** Opening Study material block **

// The faults of a text.

/// What is wrong with a text, and at which byte.
#[derive(Clone, Copy, PartialEq, Eq, Debug)]
pub enum TextFault {
    /// No token starts at this byte, a string or a comment has no end, a string is not UTF-8, or an
    /// escape is bad.
    Lex(u32),
    /// The token at this byte fits no case of the grammar, or the text ends here too soon. For a
    /// fold without an argument this is the byte of its first token.
    Syntax(u32),
    /// The bracket `(` or `{` at this byte opens the 501st level.
    Deep(u32),
}
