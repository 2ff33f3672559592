// Laws on the definitions of `specs/`.
ghost use Rattle.kore_text.specs.TextLaws.{DefinitionFaultIsUnique, DefinitionHasNoFault};
ghost use Rattle.kore_text.specs.TextLaws.{NoMoreTokensThanBytes, PatternFaultIsUnique};
ghost use Rattle.kore_text.specs.TextLaws.{PatternHasNoFault};
ghost use Rattle.kore_text.specs.Identifiers.{NamesAreIdentifiers, PatternNamesAreIdentifiers};

/// A text that spells a definition or a pattern, with at most 500 brackets open, has no fault. The
/// first fault of any other text is unique, in its kind and its byte. No text has more tokens than
/// bytes.
pub fn text_laws()
    ensures definition { DefinitionHasNoFault }
    ensures pattern { PatternHasNoFault }
    ensures one_definition { DefinitionFaultIsUnique }
    ensures one_pattern { PatternFaultIsUnique }
    ensures few { NoMoreTokensThanBytes }
{
    kore_lex::token_laws();
}

/// The names in a tree that bytes spell are identifiers.
pub fn name_laws()
    ensures definition { NamesAreIdentifiers }
    ensures pattern { PatternNamesAreIdentifiers }
{
    kore_lex::token_laws();
}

** Closing Study material block **

*Work request*
Check each line of the records above for "Rattle", and copy those that have it.

*Solution to the problem*
ghost use Rattle.kore_text.specs.TextLaws.{DefinitionFaultIsUnique, DefinitionHasNoFault};
ghost use Rattle.kore_text.specs.TextLaws.{NoMoreTokensThanBytes, PatternFaultIsUnique};
ghost use Rattle.kore_text.specs.TextLaws.{PatternHasNoFault};
ghost use Rattle.kore_text.specs.Identifiers.{NamesAreIdentifiers, PatternNamesAreIdentifiers};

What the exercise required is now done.